Certain types of cancer are fueled by our body’s hormones. Examples include breast cancer and prostate cancer. Removing these hormones from the body or blocking their expression can cause cancer cells to stop growing.

Targeted Therapy

This is a personalized type of treatment that, through specific agents and pharmaceutical complexes-molecules, targets the protein expression and biology of cancer. These substances attach to cancer cells, thereby suppressing their growth, division, and spread. As researchers learn more about the DNA changes and biological pathways that drive cancer, they are better able to design therapies that target these proteins.

Alternative Therapies

Alternative medicine refers to other methods used instead of conventional ones in the prevention, diagnosis, or treatment of cancer. Alternative therapies have either not been thoroughly tested in clinical trials, or they have been tested and found not to be effective against cancer.

Some examples of alternative methods include special diets, certain supplements and herbs, high doses of vitamins, homeopathy, and others. People with cancer may consider using alternative methods for various reasons:

  • They want to do everything they can to fight cancer.
  • They are looking for a therapeutic approach with fewer side effects.
  • They embrace alternative theories of health and disease, and therefore alternative therapies.
  • They receive information online or from other sources that seems useful.


Some alternative methods can be appealing because they engage the body and mind or involve medicines with natural ingredients. Some even promise well-being using methods that sound simple, natural, and without side effects, which is rarely the case for conventional cancer treatments.

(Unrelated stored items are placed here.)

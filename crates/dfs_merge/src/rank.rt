//! Which source is taken first.

ghost use Rattle.std.specs.Prelude.{◌≡◌, slice_index_or, IsFalse};
ghost use Rattle.dfs_record.specs.Records.{IsHead};
ghost use Rattle.dfs_merge.specs.Sources.{sources as sources_of, ended};
ghost use Rattle.dfs_merge.specs.Rank.{rank_at, rank_cmp, head_cmp, class_of_head, have_one_key, better_of, IsStep};

use dfs_record::{Head, Records};
use std::cmp::Ordering;

/// The head of a source, and an end where there is no source.
pub(crate) fn head_at<C: Records>(sources: &[C], index: usize) -> Head<'_>
    ensures { let s = slice_index_or (sources_of C.rest C.unread C.bound sources.now) index ended in IsHead s.rest s.unread result }
{
    match sources.get(index) {
        None => Head::End,
        Some(source) => source.head(),
    }
}

fn class_of(head: Head<'_>) -> u8
    ensures { result ≡ class_of_head head.entry }
{
    match head {
        Head::Hungry => 0,
        Head::Item(_) => 1,
        Head::End => 2,
    }
}

fn compare_heads(a: Head<'_>, b: Head<'_>) -> Ordering
    ensures { result ≡ head_cmp a.entry b.entry }
{
    if let Head::Item(a) = a {
        if let Head::Item(b) = b {
            return a.key.order(b.key);
        }
    }
    class_of(a).cmp(&class_of(b))
}

/// Less where the first source is taken before the second.
fn compare<C: Records>(sources: &[C], a: usize, b: usize) -> Ordering
    ensures { result ≡ rank_cmp (rank_at (sources_of C.rest C.unread C.bound sources.now) a) (rank_at (sources_of C.rest C.unread C.bound sources.now) b) }
{
    let by_head = compare_heads(head_at(sources, a), head_at(sources, b));
    by_head.then(b.cmp(&a))
}

/// Whether two sources have one first key.
pub(crate) fn has_key_of<C: Records>(sources: &[C], a: usize, b: usize) -> bool
    ensures { result ≡ have_one_key (slice_index_or (sources_of C.rest C.unread C.bound sources.now) a ended).rest (slice_index_or (sources_of C.rest C.unread C.bound sources.now) b ended).rest }
{
    let Head::Item(a) = head_at(sources, a) else {
        return false;
    };
    let Head::Item(b) = head_at(sources, b) else {
        return false;
    };
    a.key.order(b.key) == Ordering::Equal
}

/// Of two sources the one that stands first.
pub(crate) fn better<C: Records>(sources: &[C], a: usize, b: usize) -> usize
    ensures { result ≡ better_of (sources_of C.rest C.unread C.bound sources.now) a b }
{
    if compare(sources, b, a).is_lt() { b } else { a }
}

/// Passes the first record of a source that is not the first one and has its key. Where the answer is no, nothing was passed.
pub(crate) fn pass_same<C: Records>(sources: &mut Vec<C>, index: usize, first: usize) -> bool
    ensures passed { IsStep C.rest C.unread C.bound C.Comes index first sources.old.items sources.new.items }
    ensures same { IsFalse result → sources.new.items ≡ sources.old.items }
{
    if index == first {
        return false;
    }
    if !has_key_of(sources, index, first) {
        return false;
    }
    sources[index].advance();
    true
}
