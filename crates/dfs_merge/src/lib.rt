//! The merged list of several sources of records: each key once, in rising order, with the value of the last source
//! that has it.
//!
//! The layer above sees a merge as the list of its sources, oldest first, and by the meanings of `Records`. While a
//! source has blocks to load, the merge has the records that what is still to be loaded can't change.
//!
//! Which source stands first is kept in a tree of matches, so that a record costs a logarithm of their number.
//!
//! The definitions stand in `specs/`: what sources have together in `Sources`, which of them is taken first in `Rank`,
//! and the matches in `Tree`.
#![tactic(auto)]

mod merge;
mod rank;
mod tree;

pub use merge::Merge;
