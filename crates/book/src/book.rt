//! The book: one event in each call, and the history of events and replies.

ghost use Rattle.std.specs.Prelude.{◌≡◌, ◌⊎◌, ℕ, ◌+◌, ◌<◌, ◌≤◌, ◌++◌, ◌∷◌, List, [], None, true, false, length, reverse, nat_lt, slice_index, slice_set, option_map, IfSome, IfOk, IfErr, OnOk, OnErr};
ghost use Rattle.machine.specs.Tree.{find_group};
ghost use Rattle.machine.specs.Pages.{used_frames, is_frame_taken, in_transfer};
ghost use Rattle.machine.specs.State.{State as Tables, opening_of, is_config};
ghost use Rattle.machine.specs.Legal.{Legal};
ghost use Rattle.machine.specs.Lists.{ListsHeld, AreGenerations};
ghost use Rattle.machine.specs.Slots.{at};
ghost use Rattle.machine.specs.History.{Right, IsRight, Honest, Numbered, at_first, ticket_given};
ghost use Rattle.machine.specs.declared.event.Event.TheVariants as plain;
ghost use Rattle.machine.specs.declared.reply.Reply.TheVariants as said;
ghost use Rattle.machine.specs.FirstBytes.{first_of};
ghost use Rattle.machine.specs.Audit.{Passes};
ghost use Rattle.machine.specs.Transfers.{transfers_begun, transfers_ended};
ghost use Rattle.machine.specs.Call.{first_past, took, grows, Caller, Called};
ghost use Rattle.book_events.specs.Events.{event_of, reply_of, ended, ended_with};
ghost use Rattle.book.specs.Decisions.{makes};
ghost use Rattle.book.specs.Passes.{asked_of, call_of, find_of, keeping, keeping_call, is_current, CalledWith};
ghost use Rattle.book_events.specs.Replies.{Replies, IsInReply, IsOutReply, IsBack, HandsBack, KeepsTicket, HandsOut};
ghost use Rattle.book.specs.MakesStep.{IsAsked, RepliesTo, stamped_reply, noted, noted_at};

use crate::apply::apply;
use crate::decide::decide;
use crate::decision::Decision;
use crate::kept::{Asked, Kept};
use crate::pass::Pass;
use book_events::{Event, Reply};
use files::blocks_for;
use machine::bytes::PageBytes;
use machine::config::{Config, FileList, Placement, Watermarks};
use machine::entry::Entry;
use machine::event::Event as PlainEvent;
use machine::id::{GroupId, TaskId, TicketId, WorkerId};
use machine::limit::MOST_PASSES;
use machine::page_size::PageSize;
use machine::record::{Direction, Life};
use machine::refusal::Refusal;
use machine::reply::Reply as PlainReply;
use machine::text::Text;
use page_state::State;
use pages::{Carries, End, InTicket, OutTicket, Ticket};
use std::alloc::{AllocError, Global};
use std::marker::Model;
use trace::Trace;

/// The groups, pages and tasks of one machine, with the history of events and replies.
///
/// A contract sees the book's past: the machine's state, the history with the newest entry first, the order of
/// eviction, and how many passes were handed out. The history is always legal: it leads from the opening to that
/// state by steps of the plain machine. The history is right if each page that arrived brought what was last written,
/// whatever the files contained at first. Then each read in it returned the last write.
///
/// [`Book::close`] must spend a book.
pub struct Book {
    alloc: Global,
    pub(crate) state: State,
    trace: Trace,
    /// How many entries each worker has.
    counts: Vec<u64>,
    /// By page number: the worker who has the ticket of the page's transfer, while the page is in transfer.
    takers: Vec<WorkerId>,
}

impl Model for Book {
    ghost use Rattle.machine.specs.Call.{Past};

    ghost Value = { Past };

    ghost use Rattle.book.specs.Books.{past_of, IsBook};

    ghost view = { past_of };

    ghost invariant = { IsBook };
}
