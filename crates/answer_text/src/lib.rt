//! The texts of the answers of searches, written piece by piece.
#![tactic(auto)]

mod answers;
mod faults;
pub mod laws;
mod lines;
mod paths;
mod sending;
mod states;
mod status;
mod summary;
mod upgrade;

pub use answers::{send_answer, write_answer};
pub use faults::{SendFault, Unsent};
pub use status::status_of;
pub use summary::{send_summary, write_summary};
pub use upgrade::{send_upgrade, write_upgrade};
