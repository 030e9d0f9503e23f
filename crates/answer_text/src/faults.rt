//! Why a text isn't written.

ghost use Rattle.std.specs.Prelude.{◌≡◌};
ghost use Rattle.answer_text.specs.Sending.{fault_of};
ghost use Rattle.answer_text.specs.declared.faults.Unsent.TheVariants as unsent;

use edge_io::Failed;
use num_ends::NoMemory;
use std::alloc::AllocError;
use thiserror::Error;

/// Why a text isn't written.
#[derive(Clone, Copy, Debug, PartialEq, Eq, Error)]
pub enum SendFault {
    /// The sink failed.
    #[error("the output failed")]
    Sink,
    /// There was no memory for a part of the text.
    #[error("out of memory")]
    NoMemory,
}

/// Why a text isn't sent whole, and how much of it is.
#[derive(Clone, Copy, Debug, PartialEq, Eq, Error)]
pub enum Unsent {
    /// The sink failed, before the last byte.
    #[error("the output failed")]
    Sink,
    /// There was no memory before the first byte.
    #[error("out of memory")]
    NoMemory,
    /// There was no memory behind the first byte and before the last.
    #[error("out of memory within a text")]
    CutShort,
}

impl From<Unsent> for SendFault {
    ghost from_gives = { λ fault e. e ≡ fault_of fault };

    fn from(fault: Unsent) -> SendFault {
        match fault {
            Unsent::Sink => SendFault::Sink,
            Unsent::NoMemory | Unsent::CutShort => SendFault::NoMemory,
        }
    }
}

impl From<Failed> for Unsent {
    ghost from_gives = { λ _ e. e ≡ unsent.Sink };

    fn from(_fault: Failed) -> Unsent {
        Unsent::Sink
    }
}

impl From<NoMemory> for Unsent {
    ghost from_gives = { λ _ e. e ≡ unsent.NoMemory };

    fn from(_fault: NoMemory) -> Unsent {
        Unsent::NoMemory
    }
}

impl From<AllocError> for Unsent {
    ghost from_gives = { λ _ e. e ≡ unsent.NoMemory };

    fn from(_fault: AllocError) -> Unsent {
        Unsent::NoMemory
    }
}
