//! Lines that are written piece by piece.

ghost use Rattle.std.specs.Prelude.{◌≡◌, ◌<◌, ◌≤◌, ◌++◌, [], All, false, true, length, slice_index_or, MatchResult, if◌then◌else◌};
ghost use Rattle.std.specs.Io.KnownBytes.{Appends};
ghost use Rattle.std.specs.List.{concat};
ghost use Rattle.edge_io.specs.Causes.{HasCause};
ghost use Rattle.answer_text.specs.Sending.{IsCut, IsSent, IsUnsentCause};
ghost use Rattle.answer_text.specs.internal.Held.{AreSent, IsHeldBack};
ghost use Rattle.answer_text.specs.internal.Listed.{AreFew, AreReady, lines_of};
ghost use Rattle.answer_text.specs.declared.faults.Unsent.TheVariants as unsent;

use crate::faults::Unsent;
use crate::lines::Lines;
use edge_io::{Failed, Sink, write_whole};
use ground_task::Task;
use num_ends::List;
use std::alloc::Global;

/// How many bytes are held back until they are written together.
const PIECE: usize = 65_536;

/// Writes what is held back.
fn pass_on<S: Sink>(sink: &mut S, held: &mut List<u8>) -> Result<(), Failed>
    ensures bytes { MatchResult result
        (λ _. Appends (S.written sink.old) (S.written sink.new) held.old × (held.new ≡ []))
        (λ _. IsCut (S.written sink.old) (S.written sink.new) held.old) }
    ensures cause { HasCause (S.faults sink.old) (S.faults sink.new) result }
{
    write_whole(sink, held.as_slice())?;
    held.truncate(0);
    Ok(())
}

/// Writes what is held back once it is a piece, and answers whether a byte is written by then.
#[tactic(auto, using(crate::proofs::Sends::none_sent, crate::proofs::Sends::all_sent))]
fn pass_piece<S: Sink>(sink: &mut S, is_begun: bool, held: &mut List<u8>) -> Result<bool, Failed>
    ensures bytes { MatchResult result
        (λ begun. AreSent is_begun begun (S.written sink.old) (S.written sink.new) held.new held.old)
        (λ _. IsCut (S.written sink.old) (S.written sink.new) held.old) }
    ensures cause { HasCause (S.faults sink.old) (S.faults sink.new) result }
{
    if held.len() < PIECE {
        return Ok(is_begun);
    }
    pass_on(sink, held)?;
    Ok(true)
}

/// The want of memory, before the first byte or behind it.
fn lacking(is_begun: bool) -> Unsent
    ensures { result ≡ (if is_begun then unsent.CutShort else unsent.NoMemory) }
{
    if is_begun {
        Unsent::CutShort
    } else {
        Unsent::NoMemory
    }
}

/// Adds a line to what is held back, and writes that once it is a piece. It answers whether a byte is written by then.
#[tactic(auto, using(crate::proofs::Sends::lacks))]
fn add_line<S: Sink>(
    alloc: Global,
    task: &Task,
    lines: &Lines,
    number: usize,
    is_begun: bool,
    sink: &mut S,
    held: &mut List<u8>,
) -> Result<bool, Unsent>
    requires ready { AreReady task.now lines.now }
    requires known { number < length (lines_of task.now lines.now) }
    ensures bytes { MatchResult result
        (λ begun. AreSent is_begun begun (S.written sink.old) (S.written sink.new) held.new (held.old ++ slice_index_or (lines_of task.now lines.now) number []))
        (IsHeldBack is_begun (S.written sink.old) (S.written sink.new) (held.old ++ slice_index_or (lines_of task.now lines.now) number [])) }
    ensures later { S.faults sink.old ≤ S.faults sink.new }
    ensures cause { MatchResult result
        (λ _. S.faults sink.new ≡ S.faults sink.old)
        (IsUnsentCause (S.faults sink.old) (S.faults sink.new)) }
{
    let Ok(()) = lines.write(alloc, task, number, held) else {
        return Err(lacking(is_begun));
    };
    Ok(pass_piece(sink, is_begun, held)?)
}

/// Writes all lines.
pub(crate) fn send<S: Sink>(
    alloc: Global,
    task: &Task,
    lines: &Lines,
    sink: &mut S,
) -> Result<(), Unsent>
    requires few { AreFew lines.now }
    requires ready { AreReady task.now lines.now }
    requires some { All (λ line. 0 < length line) (lines_of task.now lines.now) }
    ensures text { IsSent (S.written sink.old) (S.written sink.new) (concat (lines_of task.now lines.now)) result }
    ensures later { S.faults sink.old ≤ S.faults sink.new }
    ensures cause { MatchResult result
        (λ _. S.faults sink.new ≡ S.faults sink.old)
        (IsUnsentCause (S.faults sink.old) (S.faults sink.new)) }
{
    let mut held = List::new(alloc);
    let mut is_begun = false;
    'lines: for number in 0..lines.count() {
        is_begun = add_line(alloc, task, lines, number, is_begun, sink, &mut held)?;
    }
    pass_on(sink, &mut held)?;
    Ok(())
}
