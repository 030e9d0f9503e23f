//! The states of closed nodes, in their order.

ghost use Rattle.std.specs.Prelude.{◌≡◌, ◌≤◌, length, map, IfOk};
ghost use Rattle.search_runs.specs.Answers.{closed_states};
ghost use Rattle.answer_text.specs.Texts.{AreSorted};

use ground_task::State;
use num_ends::NoMemory;
use search_runs::{Node, Status};
use std::alloc::Global;

/// The states of the closed nodes, in the order of the nodes.
fn closed_states<'a>(alloc: Global, nodes: &'a [Node<State>]) -> Result<Vec<&'a State>, NoMemory>
    ensures found { IfOk result (λ states. map (λ s. s.now) states.items ≡ closed_states nodes.now) }
    ensures few { IfOk result (λ states. length states.items ≤ length nodes.now) }
{
    let mut states = Vec::new(alloc);
    'each: for node in nodes {
        if let Status::Closed = node.status {
            states.push(&node.state)?;
        }
    }
    Ok(states)
}

/// The states of the closed nodes, in the order of states.
pub(crate) fn sorted_states<'a>(
    alloc: Global,
    nodes: &'a [Node<State>],
) -> Result<Vec<&'a State>, NoMemory>
    ensures sorted { IfOk result (λ states. AreSorted (closed_states nodes.now) (map (λ s. s.now) states.items)) }
    ensures few { IfOk result (λ states. length states.items ≤ length nodes.now) }
{
    let mut states = closed_states(alloc, nodes)?;
    states.sort()?;
    Ok(states)
}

While alternative methods rarely cause severe side effects, research has shown that individuals who use alternative methods instead of conventional cancer therapy have a higher mortality rate. By definition, alternative methods have not been sufficiently studied to prove their effectiveness in treating cancer, or they have been studied and proven ineffective.

In any case, the therapeutic approach you will follow is always based on more than one parameter. However, before deciding to proceed with any alternative form of therapy, make sure you have sufficient information about the potential benefits and risks, and you should always inform your doctor.